Since the hot air blown out from the hot air blowout heater returns to the same hot air blowout heater,
Self-circulation without any interference by other hot-air blowout heaters enables stable hot-air blowing at all times. Moreover, the hot-air blowing heater of the present invention uniformly heats the printed circuit board because the same amount of hot air is blown from the two blowing ports at the same speed.

The printed circuit board preheated in the preheating zone P enters the main heating zone R, and is heated above the melting temperature of the solder paste by the upper and lower hot air blowing heaters 1 and 1 in the same manner as in the preheating, so that soldering is performed. Done. Also at this time, stable heating is performed without interference by the adjacent hot air blowing heater or cooler.

The printed circuit board that has been soldered in the main heating zone is sent to a cooling zone C, where it is cooled by a cooler to a temperature lower than the melting temperature of the solder. Here, the cooler circulates by itself, so that a stable atmosphere is maintained.
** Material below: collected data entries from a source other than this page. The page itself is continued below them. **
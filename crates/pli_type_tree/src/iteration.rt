//! Groups with a control variable (X3.74).

use crate::conversion::Conversion;
use crate::expression::{TypedExpression, TypedReference};

/// What limits or continues an iteration. Limits and steps are numbers.
#[derive(Drop)]
pub enum TypedRange {
    /// Without TO, BY and REPEAT there is one turn.
    Once,
    /// TO, and BY after it; the step is 1 where BY is absent.
    ToBy {
        to: TypedExpression,
        by: Option<TypedExpression>,
    },
    /// BY, and TO after it; no limit where TO is absent.
    ByTo {
        by: TypedExpression,
        to: Option<TypedExpression>,
    },
    /// REPEAT. Its value stands converted to the control variable.
    Repeated(TypedExpression),
    /// REPEAT of a string. Its value is then fitted to the description of the control variable's place.
    RepeatedString(TypedExpression),
}

/// `DO v = a ..`, without its list.
#[derive(Drop)]
pub struct Iteration {
    /// The control variable, a scalar.
    pub control: TypedReference,
    /// What converts a's value to the control variable; with TO or BY it converts each further number too.
    pub conversion: Conversion,
    /// a, which is not converted.
    pub start: TypedExpression,
    pub range: TypedRange,
    /// WHILE.
    pub condition: Option<TypedExpression>,
    /// The first of its temporaries, which follow one another: for a, then for TO and BY in the order of the text, or
    /// for TO and 1 where TO stands without BY.
    pub temporary: usize,
}
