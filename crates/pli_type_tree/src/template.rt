//! Templates: what a variable is made from.

use pli_map::Description;
use pli_value::Value;

/// An initial value, fitted to the scalar that has it, and the byte of the variable on which that scalar begins.
#[derive(Drop)]
pub struct InitialScalar {
    pub offset: u32,
    pub value: Value,
}

/// What a variable is made from: its description, and its initial values in the order of the text, also where they
/// equal the value with which their scalar would begin without them (own).
#[derive(Drop)]
pub struct Template {
    pub description: Description,
    pub initial: Vec<InitialScalar>,
}

/// So many variables in a row that are made from one template, as those of one item of DECLARE are.
#[derive(Drop)]
pub struct VariableGroup {
    pub count: usize,
    pub template: Template,
}
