//! Typed references and expressions. A conversion is an operation like any other.

use pli_map::{Description, StringForm, WhichBound};
use pli_operation::Operation;
use pli_value::Value;

/// Where a reference begins.
#[cycle(typed_expression)]
#[derive(Drop)]
pub enum Root {
    /// At a parameter or an AUTOMATIC variable of the activation so many static links outward. Slots are counted from
    /// 0, the parameters first.
    InSlot {
        outward: usize,
        slot: usize,
    },
    /// At a static variable, by the number of its global. Those of a unit are counted
    /// from 0.
    OfProgram {
        number: usize,
    },
    /// At the newest generation of a CONTROLLED variable, by the number of its global. Those of a unit are counted
    /// from 0.
    NewestOf {
        number: usize,
    },
    /// At what a pointer leads to, which is of this whole description (BASED).
    Located {
        locator: Box<TypedExpression>,
        description: Description,
    },
}

/// What is called.
#[derive(Clone, Copy)]
pub enum Callee {
    /// A procedure of the unit, by its block.
    OfBlock { block: usize },
    /// An external procedure, by the number of the entry's global. Those of a unit are counted from 0.
    OfEntry { number: usize },
}

/// An operation of an expression (X3.74).
#[derive(Drop)]
pub enum TypedOperation {
    /// A number held against a precision, or a string cut or extended to a length.
    Fit(Description),
    Operate(Operation),
}

/// The bounds of a subscript, from -32,767 to 32,767, and how many bytes each number over the low one leads on.
#[derive(Clone, Copy, Debug, PartialEq, Eq)]
pub struct Stride {
    pub low: i32,
    pub high: i32,
    pub multiplier: u32,
}

/// A subscript: a FIXED BINARY value, and what it does to a place.
#[cycle(typed_expression)]
#[derive(Drop)]
pub struct TypedSubscript {
    pub stride: Stride,
    pub value: TypedExpression,
}

/// A reference to a variable (X3.74).
#[cycle(typed_expression)]
#[derive(Drop)]
pub enum TypedReference {
    /// A whole variable at level 1.
    Whole(Root),
    /// A part of one: its first byte where all its subscripts are the lowest, its description, and the subscripts of
    /// all its levels in turn.
    Part {
        root: Root,
        offset: u32,
        description: Description,
        subscripts: Vec<TypedSubscript>,
    },
    /// An element of an array whose extents are those of the argument, with a subscript for each dimension.
    ElementOf {
        root: Root,
        subscripts: Vec<TypedExpression>,
    },
}

/// An argument (X3.74).
#[cycle(typed_expression)]
#[derive(Drop)]
pub enum TypedArgument {
    /// A variable, which is handed over as its place.
    ByPlace(TypedReference),
    /// A value, which is handed over as a dummy argument of this description.
    ByDummy {
        description: Description,
        value: TypedExpression,
    },
    /// A string, which is handed over as a dummy argument of its own length.
    ByString {
        form: StringForm,
        value: TypedExpression,
    },
}

/// An expression, which has a value (X3.74).
#[cycle(typed_expression)]
#[derive(Drop)]
pub enum TypedExpression {
    /// A constant.
    Literal(Value),
    /// What a variable holds.
    Held(TypedReference),
    /// An operation on as many operands as it takes.
    Calculated {
        operation: TypedOperation,
        operands: Vec<TypedExpression>,
    },
    /// A call of a function.
    Called {
        callee: Callee,
        arguments: Vec<TypedArgument>,
    },
    /// How many generations a CONTROLLED variable has (ALLOCATION), by the number of its global. Those of a unit are
    /// counted from 0.
    Generations {
        number: usize,
    },
    /// A pointer to a variable (ADDR).
    Address(TypedReference),
    /// An offset as a pointer into an area, which is evaluated after it (POINTER).
    AsPointer {
        area: TypedReference,
        offset: Box<TypedExpression>,
    },
    /// A pointer as an offset of an area, which is evaluated after it (OFFSET).
    AsOffset {
        area: TypedReference,
        pointer: Box<TypedExpression>,
    },
    /// A bound of a dimension, counted from 1, of an array whose bounds are those of the argument (LBOUND, HBOUND).
    /// This is no use of its place.
    Bounded {
        which: WhichBound,
        dimension: u8,
        variable: TypedReference,
    },
}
Printed circuit board (1.2 mm thick, 200 mm × 200 mm) on which surface mount components are mounted at high density in a reflow furnace equipped with a hot air blowout heater of the present invention.
When the temperature distribution was measured, the difference (Δt) between the maximum temperature and the minimum temperature of the surface-mounted component or the printed circuit board was an extremely small value of 3 ° C. Incidentally, Δt in the conventional reflow furnace is 5 to 6 ° C.

[0040]

As described above, the hot air blowout heater of the present invention is of a self-circulation type in which the hot air blown out from the two blowout ports is sucked from the central suction port. In addition to preventing the outside air from influencing other zones, sirocco fans are installed on both sides of the suction port, and the hot air sucked by the sirocco fan is blown out by a scroll having an outlet in the front-rear direction. It is a structure that can be discharged into the mouth,
Since the same amount of hot air can always be blown out from the two blow-out ports in the same amount and at the same speed, the present invention has an unprecedented excellent effect of uniformly heating the printed circuit board.

[Brief description of the drawings]

FIG. 1 is a perspective view of a hot air blowout heater of the present invention.

FIG. 2 is a sectional view taken along line XX of FIG.

FIG. 3 is a sectional view taken along line YY of FIG. 1;

FIG. 4 is a front sectional view of a reflow furnace provided with a hot air blowout heater of the present invention.

[Explanation of symbols]

 DESCRIPTION OF SYMBOLS 1 Hot-air blower heater 2 Box 3 Suction port 4 Blow-out port 5 Hole 6 Scroll 7 Sirocco fan 8 Axis 9 Outlet 10 Electric heater 11 Current transformer

Claims (1)

(57) [Claims] An inlet is formed at the center on the same surface of the box, and two outlets are formed before and after the inlet with respect to the printed circuit board traveling direction. Holes are drilled in the wall surface, scrolls are installed on both outer sides of the box, and in each scroll, a sirocco fan is installed rotatably in a substantially concentric state with the hole in the wall surface, The two separated sirocco fans are connected by a single shaft, and the scroll has outlets extending in the front and rear directions, and these outlets communicate with the front and rear outlets, and also inside the box. Is equipped with an electric heater, and a hot air blower heater is provided above the outlet, and a current transformer plate for flowing hot air blown out from the outlet to the upper center.